The Securities and Exchange Board of India’s (Sebi) decision to implement most of the recommendations of the high-level committee (HLC) on conflicts of interest marks a clear improvement over its 2008 framework. It signals a long-overdue recognition that the credibility of a market regulator rests not just on enforcement, but on the integrity it is seen to uphold.

Yet, an obvious question remains: Has Sebi gone far enough? The push for reform is rooted in recent controversy. Allegations of conflict of interest involving former Chairperson Madhabi Puri Buch—flagged by Hindenburg Research—brought uncomfortable scrutiny to the regulator’s internal safeguards. Regardless of the merits of those claims, they exposed a perception gap that Sebi could ill afford. The HLC, set up in March 2025, was therefore as much about restoring institutional credibility as it was about tightening compliance norms.

Closing the Perception Gap

The new framework addresses two essential principles—entering office with clean books and remaining conflict-free during tenure. The requirement for the chairman and whole-time members to liquidate or freeze equity holdings, limits on fresh investments, and the extension of disclosure norms to spouses and dependent family members are all steps in the right direction. The formalisation of recusal processes and the introduction of structured, periodic disclosures further strengthen the system. These measures bring Sebi closer to global best practices.
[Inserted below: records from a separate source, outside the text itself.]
// Writing into an area of a longer pair of slices: from a place up to a place `end`; nothing before and nothing behind it changes. What stands
// before or behind the area is a source: its cells can be appended too.
ghost use Rattle.std.specs.Prelude.{◌≡◌, [], ◌∷◌, ◌+◌, ◌-◌, ◌≤◌, ◌<◌, length};
ghost use Rattle.std.specs.List.{copy_within};
ghost use Rattle.text.specs.Cells.{cell, cells, part, written, sign};
ghost use Rattle.text.specs.Writes.{AppendsIn, Apart, BlocksFit, BlocksPasted, cut};

use crate::blank::place_at;
use crate::block::within;
use crate::bounds::FULL;
use crate::cell::RULE_SIGN;
use crate::{PostAt, WorkAt};

// Appends one cell.
pub fn put_in(buf: &mut [u8], nums: &mut [u32], end: usize, at: WorkAt, b: u8, x: u32) -> WorkAt
    requires { (end ≤ length buf.old) × (end ≤ length nums.old) }
    ensures { AppendsIn buf.old nums.old end at.0 buf.new nums.new result.0 (cell b x ∷ []) }
{
    if at.0 < end {
        buf[at.0] = b;
        nums[at.0] = x;
        WorkAt(at.0 + 1)
    } else {
        WorkAt(FULL)
    }
}

// Appends a byte that a rule writes and that is not blank.
pub fn put_sign_in(buf: &mut [u8], nums: &mut [u32], end: usize, at: WorkAt, b: u8) -> WorkAt
    requires { (end ≤ length buf.old) × (end ≤ length nums.old) }
    ensures { AppendsIn buf.old nums.old end at.0 buf.new nums.new result.0 (sign b ∷ []) }
{
    put_in(buf, nums, end, at, b, RULE_SIGN)
}

// Appends a text that a rule writes.
pub fn put_text_in(src: &[u8], buf: &mut [u8], nums: &mut [u32], end: usize, at: WorkAt) -> WorkAt
    requires { (end ≤ length buf.old) × (end ≤ length nums.old) }
    ensures { AppendsIn buf.old nums.old end at.0 buf.new nums.new result.0 (written src.now) }
{
    let mut more: usize = 0;
    let mut to = at;
    for i in 0..src.len() {
        let p = place_at(src, PostAt(i), more);
        to = put_in(buf, nums, end, to, src[i], p.blank);
        more = p.more;
    }
    to
}

// Appends the bytes from a up to e of the same slice, which stand outside of the area, as a text that a rule writes.
pub fn put_within(
    buf: &mut [u8],
    nums: &mut [u32],
    a: usize,
    e: usize,
    end: usize,
    at: WorkAt,
) -> WorkAt
    requires { ((e ≤ length buf.old) × Apart a e at.0 end) × ((end ≤ length buf.old) × (end ≤ length nums.old)) }
    ensures { AppendsIn buf.old nums.old end at.0 buf.new nums.new result.0 (written (cut a e buf.old)) }
{
    let mut more: usize = 0;
    let mut to = at;
    for i in a..e {
        let p = place_at(&buf[..e], PostAt(i), more);
        let b = buf[i];
        to = put_in(buf, nums, end, to, b, p.blank);
        more = p.more;
    }
    to
}

// Copies the cells from a up to e to a place on, one by one: where no block has room. Out of line, so that what is common stays short.
#[inline(never)]
fn copy_short(buf: &mut [u8], nums: &mut [u32], a: usize, e: usize, at: usize)
    requires { ((a ≤ e) × ((e ≤ length buf.old) × (e ≤ length nums.old))) × ((at + (e - a) ≤ length buf.old) × (at + (e - a) ≤ length nums.old)) }
    ensures { (buf.new ≡ copy_within buf.old a e at) × (nums.new ≡ copy_within nums.old a e at) }
{
    buf.copy_within(a..e, at);
    nums.copy_within(a..e, at);
}

// Copies the cells from a up to e to a place on, in blocks, by a call: where what is around it stands in its callers.
#[inline(never)]
fn within_called(buf: &mut [u8], nums: &mut [u32], a: usize, e: usize, at: usize)
    requires { BlocksFit buf.old nums.old a e at }
    ensures { BlocksPasted buf.old nums.old a e at buf.new nums.new }
{
    within(buf, nums, a, e, at);
}

// The same, by a call or not.
#[inline(always)]
fn copy_blocks(buf: &mut [u8], nums: &mut [u32], a: usize, e: usize, at: usize, called: bool)
    requires { BlocksFit buf.old nums.old a e at }
    ensures { BlocksPasted buf.old nums.old a e at buf.new nums.new }
{
    if called {
        within_called(buf, nums, a, e, at);
    } else {
        within(buf, nums, a, e, at);
    }
}

// Appends the cells from a up to e of the same pair of slices: in blocks, where 15 cells more can be read behind them (`spare` can) and written.
#[inline(always)]
fn append_run(
    buf: &mut [u8],
    nums: &mut [u32],
    a: usize,
    e: usize,
    spare: usize,
    end: usize,
    at: WorkAt,
    called: bool,
) -> WorkAt
    requires inside { ((a ≤ e) × ((e ≤ length buf.old) × (e ≤ length nums.old))) × ((end ≤ length buf.old) × (end ≤ length nums.old)) }
    requires spare { at.0 < end → 15 ≤ spare → ((e + 15 ≤ length buf.old) × (e + 15 ≤ length nums.old)) × Apart a (e + 15) at.0 end }
    ensures { AppendsIn buf.old nums.old end at.0 buf.new nums.new result.0 (part a e (cells buf.old nums.old)) }
{
    let n = e - a;
    let room = end.saturating_sub(at.0);
    if room < n {
        return WorkAt(FULL);
    }
    if 15 <= spare.min(room - n) {
        copy_blocks(buf, nums, a, e, at.0, called);
    } else if 0 < n {
        copy_short(buf, nums, a, e, at.0);
    }
    WorkAt(at.0 + n)
}

// Appends the cells from a up to e of the same pair of slices, which stand before the place.
pub fn copy_within(
    buf: &mut [u8],
    nums: &mut [u32],
    a: WorkAt,
    e: WorkAt,
    end: usize,
    at: WorkAt,
) -> WorkAt
    requires { ((a.0 ≤ e.0) × (e.0 ≤ at.0)) × ((e.0 ≤ end) × ((end ≤ length buf.old) × (end ≤ length nums.old))) }
    ensures { AppendsIn buf.old nums.old end at.0 buf.new nums.new result.0 (part a.0 e.0 (cells buf.old nums.old)) }
{
    append_run(buf, nums, a.0, e.0, at.0 - e.0, end, at, false)
}

// Appends the cells from a up to e of the same pair of slices, which stand behind the area.
pub fn copy_back(
    buf: &mut [u8],
    nums: &mut [u32],
    a: WorkAt,
    e: WorkAt,
    end: usize,
    at: WorkAt,
) -> WorkAt
    requires { ((a.0 ≤ e.0) × (end ≤ a.0)) × ((e.0 ≤ length buf.old) × (e.0 ≤ length nums.old)) }
    ensures { AppendsIn buf.old nums.old end at.0 buf.new nums.new result.0 (part a.0 e.0 (cells buf.old nums.old)) }
{
    let spare = buf.len().min(nums.len()) - e.0;
    append_run(buf, nums, a.0, e.0, spare, end, at, false)
}

// The same as a part of its caller, with a call for the blocks: text pieces are short and many.
#[inline(always)]
pub fn copy_piece(
    buf: &mut [u8],
    nums: &mut [u32],
    a: WorkAt,
    e: WorkAt,
    end: usize,
    at: WorkAt,
) -> WorkAt
    requires { ((a.0 ≤ e.0) × (end ≤ a.0)) × ((e.0 ≤ length buf.old) × (e.0 ≤ length nums.old)) }
    ensures { AppendsIn buf.old nums.old end at.0 buf.new nums.new result.0 (part a.0 e.0 (cells buf.old nums.old)) }
{
    let spare = buf.len().min(nums.len()) - e.0;
    append_run(buf, nums, a.0, e.0, spare, end, at, true)
}
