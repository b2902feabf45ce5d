// A writer: it appends cells to an area of a longer pair of slices, from a place `at` up to a place `end`; nothing before and nothing behind the area changes.
// What stands before or behind it is a source: its cells can be appended too. Where a text does not fit, the place goes past every end and stays there.
ghost use Rattle.std.specs.Prelude.{◌≡◌, [], ◌∷◌, map, ◌+◌, ◌≤◌, ◌<◌, length};
ghost use Rattle.text.specs.Cells.{cell, cells, part, written, feed, sign};
ghost use Rattle.text.specs.Decimal.{decimal};
ghost use Rattle.text.specs.Lines.{trim_start, trim_end, all_blank, lines};
ghost use Rattle.text.specs.Writes.{Apart, cut};

use crate::WorkAt;
use crate::area::{copy_piece, copy_within, put_in, put_text_in, put_within};
use crate::cell::{RULE_BLANK, RULE_SIGN};
use crate::trim::{all_blank, line_end, trim_end, trim_start};

#[derive(Drop)]
pub struct Writer<'a> {
    pub bytes: &'a mut [u8],
    pub numbers: &'a mut [u32],
    pub at: WorkAt,
    pub end: usize,
    ghost bytes_reach: { end ≤ length bytes.now },
    ghost numbers_reach: { end ≤ length numbers.now },
}

impl Writer<'_> {
    ghost use Rattle.text.specs.Writers.{Wrote};

    // Appends one cell.
    pub fn put(&mut self, b: u8, x: u32)
        ensures { Wrote self.old self.new (cell b x ∷ []) }
    {
        self.at = put_in(self.bytes, self.numbers, self.end, self.at, b, x);
    }

    // Appends a line feed that a rule writes.
    pub fn put_feed(&mut self)
        ensures { Wrote self.old self.new (feed ∷ []) }
    {
        self.put(b'\n', RULE_BLANK);
    }

    // Appends a space that a rule writes.
    pub fn put_space(&mut self)
        ensures { Wrote self.old self.new (cell 32 1 ∷ []) }
    {
        self.put(b' ', RULE_BLANK);
    }

    // Appends a byte that a rule writes and that is not blank.
    pub fn put_sign(&mut self, b: u8)
        ensures { Wrote self.old self.new (sign b ∷ []) }
    {
        self.put(b, RULE_SIGN);
    }

    // Appends a text that a rule writes.
    pub fn put_text(&mut self, src: &[u8])
        ensures { Wrote self.old self.new (written src.now) }
    {
        self.at = put_text_in(src, self.bytes, self.numbers, self.end, self.at);
    }

    // Appends the bytes from a up to e of the same slice, which stand outside of the area, as a text that a rule writes.
    pub fn put_within(&mut self, a: usize, e: usize)
        requires { (e ≤ length self.old.bytes.now) × Apart a e self.old.at.0 self.old.end }
        ensures { Wrote self.old self.new (written (cut a e self.old.bytes.now)) }
    {
        self.at = put_within(self.bytes, self.numbers, a, e, self.end, self.at);
    }

    // Appends the cells from a up to e of the same pair of slices, which stand before the place.
    pub fn copy_within(&mut self, a: WorkAt, e: WorkAt)
        requires { (a.0 ≤ e.0) × ((e.0 ≤ self.old.at.0) × (e.0 ≤ self.old.end)) }
        ensures { Wrote self.old self.new (part a.0 e.0 (cells self.old.bytes.now self.old.numbers.now)) }
    {
        self.at = copy_within(self.bytes, self.numbers, a, e, self.end, self.at);
    }

    // Appends the cells from a up to e of the same pair of slices, which stand behind the area.
    #[inline(always)]
    pub fn copy_back(&mut self, a: WorkAt, e: WorkAt)
        requires { ((a.0 ≤ e.0) × (self.old.end ≤ a.0)) × ((e.0 ≤ length self.old.bytes.now) × (e.0 ≤ length self.old.numbers.now)) }
        ensures { Wrote self.old self.new (part a.0 e.0 (cells self.old.bytes.now self.old.numbers.now)) }
    {
        self.at = copy_piece(self.bytes, self.numbers, a, e, self.end, self.at);
    }

    // Appends a number in decimal.
    pub fn put_decimal(&mut self, n: u32)
        ensures { Wrote self.old self.new (map sign (decimal n)) }
    {
        if n < 10 {
            self.put_sign((48 + n) as u8);
            return;
        }
        self.put_decimal(n / 10);
        self.put_sign((48 + n % 10) as u8);
    }

    // The bytes of the pair.
    pub fn source(&self) -> &[u8]
        ensures { result.now ≡ self.now.bytes.now }
    {
        self.bytes
    }

    // The first place from a on, before e, whose cell is not blank, or e.
    pub fn trim_start(&self, a: WorkAt, e: WorkAt) -> WorkAt
        requires { (a.0 ≤ e.0) × ((e.0 ≤ length self.now.bytes.now) × (e.0 ≤ length self.now.numbers.now)) }
        ensures { (a.0 ≤ result.0) × ((result.0 ≤ e.0) × (part result.0 e.0 (cells self.now.bytes.now self.now.numbers.now) ≡ trim_start (part a.0 e.0 (cells self.now.bytes.now self.now.numbers.now)))) }
    {
        trim_start(self.bytes, self.numbers, a, e)
    }

    // The place behind the last cell that is not blank, from a up to e, or a.
    pub fn trim_end(&self, a: WorkAt, e: WorkAt) -> WorkAt
        requires { (a.0 ≤ e.0) × ((e.0 ≤ length self.now.bytes.now) × (e.0 ≤ length self.now.numbers.now)) }
        ensures { (a.0 ≤ result.0) × ((result.0 ≤ e.0) × (part a.0 result.0 (cells self.now.bytes.now self.now.numbers.now) ≡ trim_end (part a.0 e.0 (cells self.now.bytes.now self.now.numbers.now)))) }
    {
        trim_end(self.bytes, self.numbers, a, e)
    }

    // Whether all cells from a up to e are blank.
    pub fn all_blank(&self, a: WorkAt, e: WorkAt) -> bool
        requires { (a.0 ≤ e.0) × ((e.0 ≤ length self.now.bytes.now) × (e.0 ≤ length self.now.numbers.now)) }
        ensures { result ≡ all_blank (part a.0 e.0 (cells self.now.bytes.now self.now.numbers.now)) }
    {
        all_blank(self.bytes, self.numbers, a, e)
    }

    // The place of the first line feed from a on, or e.
    pub fn line_end(&self, a: WorkAt, e: WorkAt) -> WorkAt
        requires { (a.0 < e.0) × ((e.0 ≤ length self.now.bytes.now) × (e.0 ≤ length self.now.numbers.now)) }
        ensures { (a.0 ≤ result.0) × ((result.0 ≤ e.0) × (lines (part a.0 e.0 (cells self.now.bytes.now self.now.numbers.now)) ≡ part a.0 result.0 (cells self.now.bytes.now self.now.numbers.now) ∷ lines (part (result.0 + 1) e.0 (cells self.now.bytes.now self.now.numbers.now)))) }
    {
        line_end(self.bytes, self.numbers, a, e)
    }
}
For example, the chairman and other employees of the US Securities and Exchange Commission are prohibited from holding or trading securities of entities they directly regulate, such as broker-dealers or investment advisers. In fact, they are also banned from investing in financial industry sector funds to further minimise conflict risks. By comparison, Sebi’s updated framework reflects a more robust, if still evolving, approach to managing conflicts.

Transparency Paradox

However, regulation at this level is as much about perception as it is about process. And here, Sebi appears to have settled for a compromise. The decision to publicly disclose only immovable assets, while keeping full details of assets and liabilities confined to internal scrutiny, attempts to balance transparency with privacy. But this calibrated approach risks falling short of public expectations. Sebi officials exercise quasi-judicial powers, with the authority to pass orders that can significantly impact companies, intermediaries and investors. In such a role, higher standards of disclosure are not optional—they are integral to maintaining trust. Partial transparency, even if well-intentioned, leaves room for doubt and undermines the objective of reinforcing credibility.

There is also the question of implementation. Key provisions relating to the chairman and whole-time members still require approval from the central government. Until these are formally notified, a crucial part of the framework remains uncertain. The effectiveness of the reforms will ultimately depend on whether these provisions are adopted in full, without dilution. To its credit, Sebi has finally acknowledged the need for a structural reset after nearly two decades of intermittent controversy. The creation of an ethics and compliance framework, along with tighter disclosure and investment norms, reflects a more institutional approach to managing conflicts of interest.

But reform cannot be episodic. As Sebi Chairman Tuhin Kanta Pandey observed, “spring cleaning has to be done from time to time.” The real challenge is to ensure that this is not seen as a one-off response to controversy, but as the beginning of a sustained commitment to transparency and accountability. For a regulator that anchors trust in India’s capital markets, the bar cannot be anything less.